The Linear Fit prediction code is below
predictor<-function(seq.data,freq.soln){
seq<-unlist(seq.data)
if(length(seq)<2){
return(tail(seq,1))
}
for(numberOfPoints in 1:(length(seq)-1)){
df <- data.frame(y=tail(seq,-numberOfPoints))
formulaString <- "y~"
for(i in 1:(numberOfPoints))
{
df[[paste0("x",i)]] <- seq[i:(length(seq)-numberOfPoints+i-1)]
formulaString <- paste0(formulaString,"+x",i)
}
fit <- lm(formula(formulaString),df)
mae <- max(abs(fit$residuals))
df <- list()
for(i in 1:numberOfPoints)
{
df[[paste0("x",i)]] <- seq[length(seq)-numberOfPoints+i]
}
prediction<-predict(fit,df) if(mae>0 && mae<1){
return(round(prediction))
}
}
if(!is.na(freq.soln)){
return(freq.soln)
}
return(Mode(seq))
}
I’ll break down the individual components of that code block.
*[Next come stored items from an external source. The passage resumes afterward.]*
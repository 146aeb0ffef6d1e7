//! Makes the lists of events of two sides. A function returns `None` if a value is invalid, or if there is no memory.

use crate::list::EventList;
use ill_core::{Deed, Wish};
use ill_saved::Role;
use ill_values::{AnswerResult, Day, Item, Number};
use ill_world::{Bytes, Event};
use std::alloc::Global;

/// A Cancel of the transaction of the tests.
const CANCEL: &[u8] = b"\x66\x10\x80\x01\x01\xA1\x08\x81\x02G1\x82\x02T1\x82\x01\x02";

/// A Cancel of another transaction.
const OTHER_CANCEL: &[u8] = b"\x66\x10\x80\x01\x01\xA1\x08\x81\x02G1\x82\x02T2\x82\x01\x02";

/// A Cancel of another transaction, without its last byte.
const CUT: &[u8] = b"\x66\x10\x80\x01\x01\xA1\x08\x81\x02G1\x82\x02T2\x82\x01";

/// The events of two sides.
type Events = EventList<Event>;

/// Returns the events that `name` names, or `None` if it names none.
pub fn events(alloc: Global, name: &str) -> Option<Events> {
    let mut events = Events::new(alloc);
    match name {
        "crossing" => crossing(&mut events, alloc),
        "refused" => refused(&mut events, alloc),
        "cancelled" => cancelled(&mut events, alloc),
        "declined" => declined(&mut events, alloc),
        "promised" => promised(&mut events, alloc),
        "renewing" => renewing(&mut events, alloc),
        "kinds" => kinds(&mut events, alloc),
        _ => return None,
    }
    Some(events)
}

/// Adds a Cancel and a Shipped that cross.
fn crossing(events: &mut Events, alloc: Global) {
    push_requested(events, alloc);
    events.push(ship());
    push_sent(events, Role::Responder, 1);
    events.push(Some(Event::Wish(Wish::Cancel)));
    push_sent(events, Role::Requester, 2);
    events.push(delivered(Role::Requester, 1));
    events.push(delivered(Role::Responder, 2));
}

/// Adds a Cancel that is refused, and another that is accepted.
fn cancelled(events: &mut Events, alloc: Global) {
    push_requested(events, alloc);
    events.push(Some(Event::Wish(Wish::Cancel)));
    push_delivered(events, Role::Requester, 2);
    events.push(deed(Deed::CancelReply { yes: false }));
    push_delivered(events, Role::Responder, 1);
    events.push(Some(Event::Wish(Wish::Cancel)));
    push_delivered(events, Role::Requester, 3);
    events.push(deed(Deed::CancelReply { yes: true }));
    push_delivered(events, Role::Responder, 2);
}

/// Adds conditions that are declined.
fn declined(events: &mut Events, alloc: Global) {
    push_requested(events, alloc);
    events.push(deed(Deed::Answer(AnswerResult::Conditional)));
    push_delivered(events, Role::Responder, 1);
    events.push(Some(Event::Wish(Wish::Reply { yes: false })));
    push_delivered(events, Role::Requester, 2);
    push_delivered(events, Role::Responder, 2);
}

/// Adds a request, and 256 promises to supply it, one more than there are numbers.
fn promised(events: &mut Events, alloc: Global) {
    push_requested(events, alloc);
    for _ in 0..256 {
        events.push(deed(Deed::Answer(AnswerResult::WillSupply)));
    }
}

/// Adds events that change no live record.
fn refused(events: &mut Events, alloc: Global) {
    events.push(Some(Event::Wish(Wish::Cancel)));
    events.push(deed(Deed::Expire));
    events.push(sent(Role::Responder, 1));
    events.push(delivered(Role::Responder, 1));
    events.push(noise(alloc, Role::Requester, b""));
    events.push(noise(alloc, Role::Requester, CANCEL));
    events.push(noise(alloc, Role::Responder, OTHER_CANCEL));
    events.push(Some(save_fault(Role::Requester, true)));
    events.push(Some(save_fault(Role::Responder, false)));
    events.push(Some(Event::Restart(Role::Responder)));
}

/// Adds a loan that is received, with a Renew and an Overdue that cross. Neither is saved yet.
fn renewing(events: &mut Events, alloc: Global) {
    push_requested(events, alloc);
    events.push(ship());
    push_delivered(events, Role::Responder, 1);
    events.push(Some(Event::Wish(Wish::Receive)));
    push_sent(events, Role::Requester, 2);
    events.push(Some(Event::Wish(Wish::Renew { wished: None })));
    events.push(overdue());
}

/// Adds a Renew and an Overdue that cross, and then events of each kind at each side.
fn kinds(events: &mut Events, alloc: Global) {
    renewing(events, alloc);
    push_unchanging(events, alloc, Role::Requester, 3);
    push_faults(events, Role::Requester);
    events.push(Some(Event::Wish(Wish::Return)));
    push_restart(events, Role::Requester);
    push_unchanging(events, alloc, Role::Responder, 2);
    events.push(delivered(Role::Responder, 2));
    push_faults(events, Role::Responder);
    events.push(deed(Deed::Recall));
    push_restart(events, Role::Responder);
}

/// Adds events at the side `who` that change nothing. Its message with the number `unsaved` must not be saved yet.
fn push_unchanging(events: &mut Events, alloc: Global, who: Role, unsaved: u8) {
    events.push(sent(who, unsaved));
    events.push(delivered(who, 3));
    events.push(noise(alloc, who, OTHER_CANCEL));
    events.push(noise(alloc, who, CUT));
    events.push(sent(who, 1));
    events.push(delivered(who, 1));
}

/// Adds two saves of `who` that fail. Only the record of the second is committed.
fn push_faults(events: &mut Events, who: Role) {
    for committed in [false, true] {
        events.push(Some(save_fault(who, committed)));
    }
}

/// Adds a save and a restart of the side `who`.
fn push_restart(events: &mut Events, who: Role) {
    events.push(Some(Event::Save(who)));
    events.push(Some(Event::Restart(who)));
}

/// Adds a request that reaches the responder.
fn push_requested(events: &mut Events, alloc: Global) {
    events.push(request(alloc));
    push_delivered(events, Role::Requester, 1);
}

/// Adds the save of the side `who`, the sending of its message `number`, and the delivery of this message.
fn push_delivered(events: &mut Events, who: Role, number: u8) {
    push_sent(events, who, number);
    events.push(delivered(who.other(), number));
}

/// Adds the save of the side `who`, and the sending of its message `number`.
fn push_sent(events: &mut Events, who: Role, number: u8) {
    events.push(Some(Event::Save(who)));
    events.push(sent(who, number));
}

/// Returns the event of the wish Request.
fn request(alloc: Global) -> Option<Event> {
    let item = Item::new(alloc, b"Maps").ok()?;
    Some(Event::Wish(Wish::Request { expiry: None, item }))
}

/// Returns the event of the deed Ship on 1 March, due on 15 March.
fn ship() -> Option<Event> {
    let due = Day::new(2025, 3, 15).ok()?;
    deed(Deed::Ship { due })
}

/// Returns the event of the deed Overdue on 16 March, the day after the due date.
fn overdue() -> Option<Event> {
    Some(Event::Deed(Deed::Overdue, Day::new(2025, 3, 16).ok()?))
}

/// Returns the event of this deed on 1 March.
fn deed(deed: Deed) -> Option<Event> {
    Some(Event::Deed(deed, Day::new(2025, 3, 1).ok()?))
}

/// Returns the event that a side sends this message.
fn sent(who: Role, number: u8) -> Option<Event> {
    Some(Event::Send(who, Number::new(number)?))
}

/// Returns the event that this message of the other side reaches `who`.
fn delivered(who: Role, number: u8) -> Option<Event> {
    Some(Event::Deliver(who, Number::new(number)?))
}

/// Returns the event that `bytes` reach a side as noise.
fn noise(alloc: Global, who: Role, bytes: &[u8]) -> Option<Event> {
    let bytes = Bytes::new(Vec::from_slice(alloc, bytes).ok()?);
    Some(Event::Noise(who, bytes))
}

/// Returns the event of a save that fails. If `committed`, the record is committed in spite of the failure.
fn save_fault(who: Role, committed: bool) -> Event {
    Event::SaveFault {
        who,
        landed: committed,
    }
}
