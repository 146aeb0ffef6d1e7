//! Calls worlds, and repeats a call while an allocation is refused.

use crate::performing::txn;
use ill_test_kit::Page;
use ill_test_kit::marks::{self, TRIES};
use ill_values::{OutOfMemory, TxnId};
use std::alloc::Global;

/// This line tells that a call with a refused allocation left a wrong state.
const CHANGED: &str = "CHANGED WITHOUT MEMORY";

/// A world of two sides or of two desks, as the tests call it.
pub trait Tried: Drop {
    /// An event of the world.
    type Event: Drop;

    /// The outcome of an event.
    type Outcome: Copy;

    /// Returns the world after `events`, from the first world on. Two sides are of `txn`.
    fn after(alloc: Global, txn: &TxnId, events: &[Self::Event]) -> Result<Self, OutOfMemory>;

    /// Performs an event, and returns its outcome.
    fn happen(&mut self, alloc: Global, event: &Self::Event) -> Result<Self::Outcome, OutOfMemory>;

    /// Performs a round.
    fn perform_round(&mut self, alloc: Global) -> Result<(), OutOfMemory>;

    /// Prints the part of the world that a test shows: both sides, with states, due dates and counts of messages.
    fn print(&self, alloc: Global, page: &mut Page) -> Option<()>;

    /// Prints all fields of the sides of the world. By these a test finds a change that `print` does not show.
    fn print_more(&self, alloc: Global, page: &mut Page) -> Option<()>;
}

/// Performs an event, and repeats it while an allocation is refused. A refused event must leave the world unchanged.
pub fn step<W: Tried>(
    alloc: Global,
    page: &mut Page,
    world: &mut W,
    event: &W::Event,
) -> Option<W::Outcome> {
    let before = all_of(alloc, world)?;
    for _ in 0..TRIES {
        marks::begin(alloc);
        let answer = world.happen(alloc, event);
        if !marks::is_refused(alloc, answer.is_err()) {
            return answer.ok();
        }
        if all_of(alloc, world)?.bytes() != before.bytes() {
            page.line(CHANGED);
        }
    }
    None
}

/// Returns the world after `events`. While an allocation is refused, the call is repeated from the first world.
pub fn run<W: Tried>(alloc: Global, events: &[W::Event]) -> Option<W> {
    let txn = txn(alloc)?;
    for _ in 0..TRIES {
        marks::begin(alloc);
        let world = W::after(alloc, &txn, events);
        if !marks::is_refused(alloc, world.is_err()) {
            return world.ok();
        }
    }
    None
}

/// Prints the world after `events` and a round. If the round is refused memory, a further round must lead to an equal
/// world. Then the test begins again from the first world.
pub fn print_exchange<W: Tried>(alloc: Global, page: &mut Page, events: &[W::Event]) -> Option<()> {
    let txn = txn(alloc)?;
    let mut last = Page::new(alloc);
    for time in 0..TRIES {
        let mut world = W::after(alloc, &txn, events).ok()?;
        let told = exchange(alloc, &mut world);
        drop(world);
        let told = told?;
        if time > 0 && told.all.bytes() != last.bytes() {
            page.line(CHANGED);
        }
        if !told.is_refused {
            page.page(&told.shown);
            return Some(());
        }
        last = told.all;
    }
    None
}

/// The world after a round.
#[derive(Drop)]
struct AfterRound {
    /// The part that `print` prints.
    shown: Page,
    /// The parts that `print` and `print_more` print.
    all: Page,
    /// True if an allocation of the round was refused, and a further round was performed.
    is_refused: bool,
}

/// Performs a round, and a further one if memory was refused.
fn exchange<W: Tried>(alloc: Global, world: &mut W) -> Option<AfterRound> {
    marks::begin(alloc);
    let answer = world.perform_round(alloc);
    let is_refused = marks::is_refused(alloc, answer.is_err());
    if is_refused {
        world.perform_round(alloc).ok()?;
    } else {
        answer.ok()?;
    }
    let mut shown = Page::new(alloc);
    world.print(alloc, &mut shown)?;
    Some(AfterRound {
        shown,
        all: all_of(alloc, world)?,
        is_refused,
    })
}

/// Returns a page with all that `print` and `print_more` print of the world.
fn all_of<W: Tried>(alloc: Global, world: &W) -> Option<Page> {
    let mut page = Page::new(alloc);
    world.print(alloc, &mut page)?;
    world.print_more(alloc, &mut page)?;
    Some(page)
}
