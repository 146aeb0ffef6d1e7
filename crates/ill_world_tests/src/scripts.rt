//! Reads the bytes of a script from its lines.

use ill_test_kit::number_in;

/// Adds a line of a script, and its LF. A count in brackets at its beginning repeats the line. Returns `None` if the
/// line has an error.
pub fn push_line(script: &mut Vec<u8>, line: &str) -> Option<()> {
    let (times, line) = repeated(line).unwrap_or((1, line));
    for time in 1..=times {
        push_once(script, line, time)?;
    }
    Some(())
}

/// Returns the count at the beginning of a line, and the rest of the line. Returns `None` if there is no count.
fn repeated(line: &str) -> Option<(u32, &str)> {
    let (inside, rest) = line.strip_prefix('[')?.split_once(']')?;
    let times = number_in(inside.strip_suffix('*')?)?;
    Some((times, rest))
}

/// Adds a repetition of a line, and its LF. A line that ends with `[]` gets no LF. The first repetition has the number
/// 1 in `time`.
fn push_once(script: &mut Vec<u8>, line: &str, time: u32) -> Option<()> {
    if let Some(line) = line.strip_suffix("[]") {
        return push_text(script, line, time);
    }
    push_text(script, line, time)?;
    script.push(b'\n').ok()
}

/// Adds `text`, with each bracket replaced by its meaning (`push_inside`).
fn push_text(script: &mut Vec<u8>, text: &str, time: u32) -> Option<()> {
    let (plain, more) = text.split_once('[').unwrap_or((text, ""));
    script.extend_from_slice(plain.as_bytes()).ok()?;
    if more.is_empty() {
        return Some(());
    }
    for part in more.split('[') {
        let (inside, plain) = part.split_once(']')?;
        push_inside(script, inside, time)?;
        script.extend_from_slice(plain.as_bytes()).ok()?;
    }
    Some(())
}

/// Adds the meaning of a bracket: the number of the repetition (`n`), a repeated text (`ab*3`), or an octet (`0A`).
fn push_inside(script: &mut Vec<u8>, inside: &str, time: u32) -> Option<()> {
    if inside == "n" {
        let time = time.to_string(*script.allocator()).ok()?;
        return script.extend_from_slice(time.as_bytes()).ok();
    }
    match inside.split_once('*') {
        Some((text, times)) => {
            let times = number_in(times)?;
            for _ in 0..times {
                script.extend_from_slice(text.as_bytes()).ok()?;
            }
            Some(())
        }
        None => script.push(u8::from_str_radix(inside, 16).ok()?).ok(),
    }
}
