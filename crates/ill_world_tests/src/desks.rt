//! Performs events of two desks as values, one by one or as a list. A function that returns `None` was given an unknown
//! name, or has no memory.

use crate::list::EventList;
use crate::tries::{self, Tried};
use ill_core::{Deed, Wish};
use ill_saved::{Role, Side, Sides};
use ill_test_kit::{Page, marks};
use ill_values::{Day, Item, Number, OutOfMemory, TxnId};
use ill_world::{Bytes, DeskEvent, DeskOutcome, DeskWorld, push_side, run_desks};
use std::alloc::Global;

/// The transaction of the first loan.
const FIRST: &[u8] = b"T1";

/// The transaction of the second loan.
const SECOND: &[u8] = b"T2";

/// A Cancel of the second loan, which no requester has sent.
const OTHER_CANCEL: &[u8] = b"\x66\x10\x80\x01\x01\xA1\x08\x81\x02G1\x82\x02T2\x82\x01\x02";

/// The events of two desks.
type Events = EventList<DeskEvent>;

/// The transaction of two sides (`_txn`) is not used. Each event names its own.
impl Tried for DeskWorld {
    type Event = DeskEvent;

    type Outcome = DeskOutcome;

    fn after(alloc: Global, _txn: &TxnId, events: &[DeskEvent]) -> Result<DeskWorld, OutOfMemory> {
        run_desks(alloc, events)
    }

    fn happen(&mut self, alloc: Global, event: &DeskEvent) -> Result<DeskOutcome, OutOfMemory> {
        self.step(alloc, event)
    }

    fn perform_round(&mut self, alloc: Global) -> Result<(), OutOfMemory> {
        self.exchange(alloc)
    }

    /// Prints a line for each transaction, with a part of both sides: state, due date, and counts of messages.
    fn print(&self, alloc: Global, page: &mut Page) -> Option<()> {
        print_both(alloc, page, self)
    }

    /// Prints all fields of each side that a desk holds. Of a side, `print` prints only a part of a line.
    fn print_more(&self, _alloc: Global, page: &mut Page) -> Option<()> {
        print_held(page, self.requester())?;
        print_held(page, self.responder())
    }
}

/// Returns the events that `name` names, or `None` if it names none.
fn desk_events(alloc: Global, name: &str) -> Option<Events> {
    let mut events = Events::new(alloc);
    match name {
        "two-loans" => two_loans(&mut events, alloc),
        "two-losses" => two_losses(&mut events, alloc),
        "noise" => events.push(noise(alloc, Role::Responder)),
        "kinds" => kinds(&mut events, alloc),
        _ => return None,
    }
    Some(events)
}

/// Adds two requests. The responder's desk takes both, loses them in a restart, and takes both again.
fn two_loans(events: &mut Events, alloc: Global) {
    events.push(request(alloc, FIRST, b"Maps"));
    events.push(request(alloc, SECOND, b"Atlas"));
    events.push(Some(DeskEvent::Save(Role::Requester)));
    events.push(sent(alloc, Role::Requester, SECOND));
    events.push(delivered(alloc, SECOND));
    events.push(sent(alloc, Role::Requester, FIRST));
    events.push(delivered(alloc, FIRST));
    events.push(ship(alloc, FIRST));
    events.push(Some(DeskEvent::Restart(Role::Responder)));
    events.push(delivered(alloc, FIRST));
    events.push(recall(alloc, SECOND));
    events.push(delivered(alloc, SECOND));
}

/// Adds two requests. The first is lost on the way, and so is the Shipped of the second.
fn two_losses(events: &mut Events, alloc: Global) {
    events.push(request(alloc, FIRST, b"Maps"));
    events.push(request(alloc, SECOND, b"Atlas"));
    events.push(Some(DeskEvent::Save(Role::Requester)));
    events.push(sent(alloc, Role::Requester, FIRST));
    events.push(sent(alloc, Role::Requester, SECOND));
    events.push(delivered(alloc, SECOND));
    events.push(ship(alloc, SECOND));
    events.push(Some(DeskEvent::Save(Role::Responder)));
    events.push(sent(alloc, Role::Responder, SECOND));
}

/// Adds a Shipped and a Cancel that cross, before either is sent. Then adds events of each kind at each desk.
fn kinds(events: &mut Events, alloc: Global) {
    events.push(request(alloc, FIRST, b"Maps"));
    events.push(Some(DeskEvent::Save(Role::Requester)));
    events.push(sent(alloc, Role::Requester, FIRST));
    events.push(delivered(alloc, FIRST));
    events.push(ship(alloc, FIRST));
    events.push(Some(DeskEvent::Save(Role::Responder)));
    events.push(cancel(alloc));
    events.push(sent(alloc, Role::Requester, FIRST));
    push_faults(events, alloc, Role::Requester);
    events.push(request(alloc, SECOND, b"Atlas"));
    push_restart(events, Role::Requester);
    events.push(sent(alloc, Role::Responder, FIRST));
    events.push(delivered(alloc, FIRST));
    push_faults(events, alloc, Role::Responder);
    events.push(recall(alloc, FIRST));
    push_restart(events, Role::Responder);
}

/// Adds noise for `who`, and two saves of `who` that fail. Only the record of the second is committed.
fn push_faults(events: &mut Events, alloc: Global, who: Role) {
    events.push(noise(alloc, who));
    for committed in [false, true] {
        events.push(Some(DeskEvent::SaveFault {
            who,
            landed: committed,
        }));
    }
}

/// Adds a save and a restart of the desk `who`.
fn push_restart(events: &mut Events, who: Role) {
    events.push(Some(DeskEvent::Save(who)));
    events.push(Some(DeskEvent::Restart(who)));
}

/// Returns the id of a transaction of the group G1.
fn id(alloc: Global, transaction: &[u8]) -> Option<TxnId> {
    TxnId::new(alloc, b"G1", transaction).ok()
}

/// Returns the event of the wish for `item` in this transaction.
fn request(alloc: Global, transaction: &[u8], item: &[u8]) -> Option<DeskEvent> {
    let item = Item::new(alloc, item).ok()?;
    let request = Wish::Request { expiry: None, item };
    Some(DeskEvent::Wish(id(alloc, transaction)?, request))
}

/// Returns the event that the side of `who` in this transaction sends its message 1.
fn sent(alloc: Global, who: Role, transaction: &[u8]) -> Option<DeskEvent> {
    let one = Number::new(1)?;
    Some(DeskEvent::Send(who, id(alloc, transaction)?, one))
}

/// Returns the event that message 1 of the requester in this transaction reaches the responder.
fn delivered(alloc: Global, transaction: &[u8]) -> Option<DeskEvent> {
    let one = Number::new(1)?;
    Some(DeskEvent::Deliver(Role::Responder, id(alloc, transaction)?, one))
}

/// Returns the event of the deed Ship in this transaction, due on 15 March.
fn ship(alloc: Global, transaction: &[u8]) -> Option<DeskEvent> {
    let due = Day::new(2025, 3, 15).ok()?;
    deed(alloc, transaction, Deed::Ship { due })
}

/// Returns the event of the deed Recall in this transaction.
fn recall(alloc: Global, transaction: &[u8]) -> Option<DeskEvent> {
    deed(alloc, transaction, Deed::Recall)
}

/// Returns the event of the wish Cancel in the first transaction.
fn cancel(alloc: Global) -> Option<DeskEvent> {
    Some(DeskEvent::Wish(id(alloc, FIRST)?, Wish::Cancel))
}

/// Returns the event of this deed in this transaction, on 1 March.
fn deed(alloc: Global, transaction: &[u8], deed: Deed) -> Option<DeskEvent> {
    let today = Day::new(2025, 3, 1).ok()?;
    Some(DeskEvent::Deed(id(alloc, transaction)?, deed, today))
}

/// Returns the event that a forged Cancel reaches the desk `who`.
fn noise(alloc: Global, who: Role) -> Option<DeskEvent> {
    let bytes = Bytes::new(Vec::from_slice(alloc, OTHER_CANCEL).ok()?);
    Some(DeskEvent::Noise(who, bytes))
}

/// Performs the named events one by one, and prints a line for each.
pub fn print_desk_steps(alloc: Global, page: &mut Page, name: &str) -> Option<()> {
    let events = desk_events(alloc, name)?;
    let mut world = first_desks(alloc)?;
    let printed = perform_steps(alloc, page, &mut world, &events);
    drop(world);
    printed
}

/// Returns a world of two empty desks. This takes no memory.
fn first_desks(alloc: Global) -> Option<DeskWorld> {
    marks::begin_quiet(alloc);
    let world = DeskWorld::new(alloc);
    marks::end_quiet(alloc);
    world.ok()
}

/// Performs events, and prints a line for each. The line has the number and the outcome of the event, and both sides of
/// a transaction. This is the transaction that an event has named last, and at first `FIRST`.
fn perform_steps(
    alloc: Global,
    page: &mut Page,
    world: &mut DeskWorld,
    events: &Events,
) -> Option<()> {
    let first = id(alloc, FIRST)?;
    let mut shown = &first;
    let mut number: u32 = 0;
    for event in events.all()? {
        shown = named(event).unwrap_or(shown);
        number = number.checked_add(1)?;
        let outcome = tries::step(alloc, page, world, event)?;
        page.show(&number);
        page.text(" ");
        page.text(outcome.word());
        print_sides(alloc, page, world, shown)?;
    }
    Some(())
}

/// Performs the named events as a list, and prints both sides of each transaction.
pub fn print_desk_run(alloc: Global, page: &mut Page, name: &str) -> Option<()> {
    let events = desk_events(alloc, name)?;
    let world: DeskWorld = tries::run(alloc, events.all()?)?;
    let printed = print_both(alloc, page, &world);
    drop(world);
    printed
}

/// Performs the named events as a list, and then a round. Prints both sides of each transaction.
pub fn print_desk_exchange(alloc: Global, page: &mut Page, name: &str) -> Option<()> {
    let events = desk_events(alloc, name)?;
    tries::print_exchange::<DeskWorld>(alloc, page, events.all()?)
}

/// Prints all fields of each side in `sides`.
fn print_held(page: &mut Page, sides: &Sides) -> Option<()> {
    for place in 0..sides.len() {
        page.show_parts(sides.at(place)?);
    }
    Some(())
}

/// Prints a line for each transaction, with both its sides.
fn print_both(alloc: Global, page: &mut Page, world: &DeskWorld) -> Option<()> {
    page.text("T1");
    print_sides(alloc, page, world, &id(alloc, FIRST)?)?;
    page.text("T2");
    print_sides(alloc, page, world, &id(alloc, SECOND)?)
}

/// Returns the transaction that an event names, if it names one.
fn named(event: &DeskEvent) -> Option<&TxnId> {
    match event {
        DeskEvent::Wish(txn, _)
        | DeskEvent::Deed(txn, _, _)
        | DeskEvent::Send(_, txn, _)
        | DeskEvent::Deliver(_, txn, _) => Some(txn),
        _ => None,
    }
}

/// Prints the rest of a line: the state, the due date and the counts of messages of both sides of a transaction.
fn print_sides(alloc: Global, page: &mut Page, world: &DeskWorld, txn: &TxnId) -> Option<()> {
    page.text(" requester ");
    print_side(alloc, page, world, Role::Requester, txn)?;
    page.text(" responder ");
    print_side(alloc, page, world, Role::Responder, txn)?;
    page.text("\n");
    Some(())
}

/// Prints the state, the due date and the counts of messages of one side. If the desk does not hold it, it is idle.
fn print_side(
    alloc: Global,
    page: &mut Page,
    world: &DeskWorld,
    who: Role,
    txn: &TxnId,
) -> Option<()> {
    marks::begin_quiet(alloc);
    let (side, released) = (held(world, who, txn), world.released(who, txn));
    marks::end_quiet(alloc);
    match side {
        Some(side) => {
            let mut text = Vec::new(alloc);
            push_side(&mut text, side, released).ok()?;
            page.push(&text);
        }
        None => page.text("IDLE - 0/0"),
    }
    Some(())
}

/// Returns the side of a transaction at the desk of `who`, or `None` if the desk does not hold it.
fn held<'a>(world: &'a DeskWorld, who: Role, txn: &TxnId) -> Option<&'a Side> {
    match who {
        Role::Requester => world.requester().get(txn),
        Role::Responder => world.responder().get(txn),
    }
}
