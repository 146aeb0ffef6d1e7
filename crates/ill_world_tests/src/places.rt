//! Performs scripts whose reader or writer fails at each place in turn.

use crate::performing::{Script, ScriptResult, is_whole_lines, line_count, perform, print_answer};
use crate::streams::{End, Streams};
use ill_test_kit::Page;
use std::alloc::Global;

/// The answers for each place in turn. An answer is printed only if it differs from the answer before it.
#[derive(Drop)]
struct Answers {
    /// The allocator of all pages.
    alloc: Global,
    /// The text that begins each line.
    label: &'static str,
    /// The answer at the last place.
    last: Page,
}

impl Answers {
    /// Returns no answers.
    fn new(alloc: Global, label: &'static str) -> Answers {
        Answers {
            alloc,
            label,
            last: Page::new(alloc),
        }
    }

    /// Adds the answer at `place`, with the count of performed events if `events` has it. Prints it on `page` if it
    /// differs from the answer before it.
    fn push(&mut self, page: &mut Page, place: usize, told: &ScriptResult, events: Option<usize>) {
        let mut text = Page::new(self.alloc);
        print_answer(&mut text, &told.answer);
        if let Some(events) = events {
            text.text(" behind ");
            text.show(&events);
            text.text(" events");
        }
        if text.bytes() == self.last.bytes() {
            return;
        }
        page.text(self.label);
        page.text("from ");
        page.show(&place);
        page.text(" on: ");
        page.push(text.bytes().unwrap_or(b"NOT WHOLE"));
        page.text("\n");
        self.last = text;
    }
}

/// Makes the reader fail before each byte of the script in turn, and at the end of the script. Then makes the reader be
/// interrupted at each of these places. Prints the answers.
pub fn print_readers(alloc: Global, page: &mut Page, script: Script<'_>) -> Option<()> {
    print_prefixes(alloc, page, script, End::Fails, "it fails, ")?;
    print_prefixes(alloc, page, script, End::Interrupts, "it is interrupted, ")
}

/// Performs each prefix of a script, after which the reader ends as `end` says. Prints the answers, each after `label`.
/// Each trace must be whole lines, and a prefix of the trace of the whole script.
fn print_prefixes(
    alloc: Global,
    page: &mut Page,
    script: Script<'_>,
    end: End,
    label: &'static str,
) -> Option<()> {
    let whole = perform(alloc, script, Streams::Reader(End::Stops))?;
    let mut answers = Answers::new(alloc, label);
    for place in 0..=script.bytes.len() {
        let prefix = Script {
            bytes: &script.bytes[..place],
            ..script
        };
        let told = perform(alloc, prefix, Streams::Reader(end))?;
        answers.push(page, place, &told, Some(line_count(&told.trace)));
        if !is_whole_lines(&told.trace) || !whole.trace.starts_with(&told.trace) {
            page.line("ANOTHER TRACE");
        }
    }
    Some(())
}

/// Makes the writer take each count of bytes of the trace in turn. After these bytes the writer fails, is interrupted,
/// or takes no bytes. Prints the answers.
pub fn print_writers(alloc: Global, page: &mut Page, script: Script<'_>) -> Option<()> {
    print_rooms(alloc, page, script, End::Fails, "it fails, ")?;
    print_rooms(alloc, page, script, End::Interrupts, "it is interrupted, ")?;
    print_rooms(alloc, page, script, End::Stops, "it takes no bytes, ")
}

/// Performs a script with a writer that ends as `end` says, after each count of bytes in turn. Prints the answers, each
/// after `label`. The writer must have taken this many bytes of the whole trace.
fn print_rooms(
    alloc: Global,
    page: &mut Page,
    script: Script<'_>,
    end: End,
    label: &'static str,
) -> Option<()> {
    let whole = perform(alloc, script, Streams::Reader(End::Stops))?;
    let mut answers = Answers::new(alloc, label);
    for room in 0..=whole.trace.len() {
        let told = perform(alloc, script, Streams::Writer(room, end))?;
        answers.push(page, room, &told, None);
        if told.trace.as_slice() != &whole.trace[..room] {
            page.line("ANOTHER TRACE");
        }
    }
    Some(())
}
Here all we’re doing is unlisting the sequence that came in so we can with it. The first check is to see if the sequence is just one integer — if so, we obviously can’t do anything with it and return the first element. I suppose this could be integrated into the Mode fallback, but if in the future I want to track how many short sequences there are, it helps.
seq<-unlist(seq.data)
iterations<<-iterations+1
if(length(seq)<2){
print("Returned Short Seq")
return(tail(seq,1))
}
}
The linear model works backwards from a sequence. I got the inspiration (and most of the code) for this section from this script. The last X terms (defined by numberOfPoints) from the end of the sequence are used to model the sequence. The first for loop within the overarching for loop is used to create the formula string (i.e. y ~ x1 + x2 + x3…) that’ll be plugged into the linear model function, lm(). We also calculated what the maximum residual is.
Now that we have our model, we create a data frame of the values we need to use the predict() function and generate our prediction. To save some computation time, this code block cna be placed in the following if statement.
Recall the maximum residual we calculated earlier. If that value is 0, we likely have 0 degrees of freedom (more predictor variables than samples). This Stack Overflow post goes into it nicely. I used a maximum residual of less than 1 as a cut-off point to determine if a model was good enough. That can (& should be tuned) for maximum accuracy. If the linear model we’ve made for a given sequence meets that criteria we return the prediction from the linear fit.
for(numberOfPoints in 1:(length(seq)-1)){
df <- data.frame(y=tail(seq,-numberOfPoints))
formulaString <- "y~"
for(i in 1:(numberOfPoints))
{
df[[paste0("x",i)]] <- seq[i:(length(seq)-numberOfPoints+i-1)]
formulaString <- paste0(formulaString,"+x",i)
}
fit <- lm(formula(formulaString),df)
mae <- max(abs(fit$residuals))
df <- list()
for(i in 1:numberOfPoints)
{
df[[paste0("x",i)]] <- seq[length(seq)-numberOfPoints+i]
}
prediction<-predict(fit,df) if(mae>0 && mae<1){
return(round(prediction))
}
}
If our linear model does not meet the criteria, we move on to our Frequent Solution method, and if that fails, Mode is the fail-safe.
if(!is.na(freq.soln)){
return(freq.soln)
}
return(Mode(seq))
To get the actual solution file out it’s simply:
results<-mapply(test.sample$Sequence, test.sample$following, FUN=predictor)
solution.df<-data.frame(test.sample$Id,results)
colnames(solution.df)<-c('Id','Last')
write.csv(solution.df,file="Soln.csv",row.names = F)
This yields a solution that’s 18.63% accurate, good for 2nd on the leaderboard as of June 20th. I’d like to acknowledge the following scripts:
Those scripts did the brunt of the work, and taught me a lot. I highly recommend them.
The Methodology
Obviously there’s a lot that can still be added to this script. Currently ~27% of predictions use the linear model, ~38% use frequency prediction and ~34% use the mode prediction. Looking through some of the sequences by hand, this model misses on a lot of geometric sequences and sequences with a modulus term. I’m not entirely sure to attack sequences with a modular term, but I’d imagine sequences with a geometric term can be modeled. The immediate next step is to add an additional model between the linear model and frequency model step. hopefully lowering the amount of sequences that require the Mode fallback.